Gradient descent is the optimisation algorithm at the heart of essentially every neural network trained in the last decade. The idea is geometrically simple: think of the loss function as a landscape, where every point represents a configuration of model weights and the height represents how wrong the model is. Gradient descent reads the slope at the current point and steps downhill, repeating until it finds a low spot.
Mathematically, the gradient is the vector of partial derivatives of the loss with respect to every parameter. Backpropagation is the algorithm that computes that vector efficiently for a deep network. Together, gradient descent + backpropagation are what allows a network with billions of parameters to be trained in finite time.
In practice, vanilla gradient descent is rarely used. The variants you actually meet in 2026:
- Stochastic gradient descent (SGD) — uses one example or a small mini-batch per step. Noisier but vastly cheaper than computing the full gradient.
- Momentum — keeps a running average of past gradients so updates accelerate in consistent directions and dampen in oscillating ones.
- Adam / AdamW — the dominant optimiser for transformers; combines momentum with per-parameter learning rate scaling. AdamW (with proper weight decay) is the default for almost every LLM trained today.
- Lion — a newer optimiser from Google that uses sign-based updates; often matches Adam at lower memory cost.

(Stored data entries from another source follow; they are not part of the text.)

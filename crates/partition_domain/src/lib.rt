//! The partitions of a disk: the records of its partition table, the search for one partition by its number, and the
//! map of a partition, which a rescue takes as its domain.
#![tactic(auto)]

pub mod chain;
pub mod domain;
pub mod find;
pub mod laws;
mod read;
pub mod stop;
pub mod table;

- Sophia — second-order-aware optimiser that has shown promise on LLM training but is not yet mainstream.
The practical knobs an engineer tunes are the learning rate (how big each step is), the schedule (how the learning rate changes over time, usually warmup-then-decay) and the batch size (how many examples per step). Get the learning rate wrong by a factor of 10 and training either stalls or explodes. The most reliable trick in deep learning is to start with a learning rate one order of magnitude smaller than seems sensible, then scale up.
For a US engineer adopting frontier models, gradient descent is mostly under the hood — you do not implement it, you call a training loop that uses it. But understanding why it works and where it fails (saddle points, vanishing gradients, instability at large scale) is what separates someone who can debug a training run from someone who can only restart it.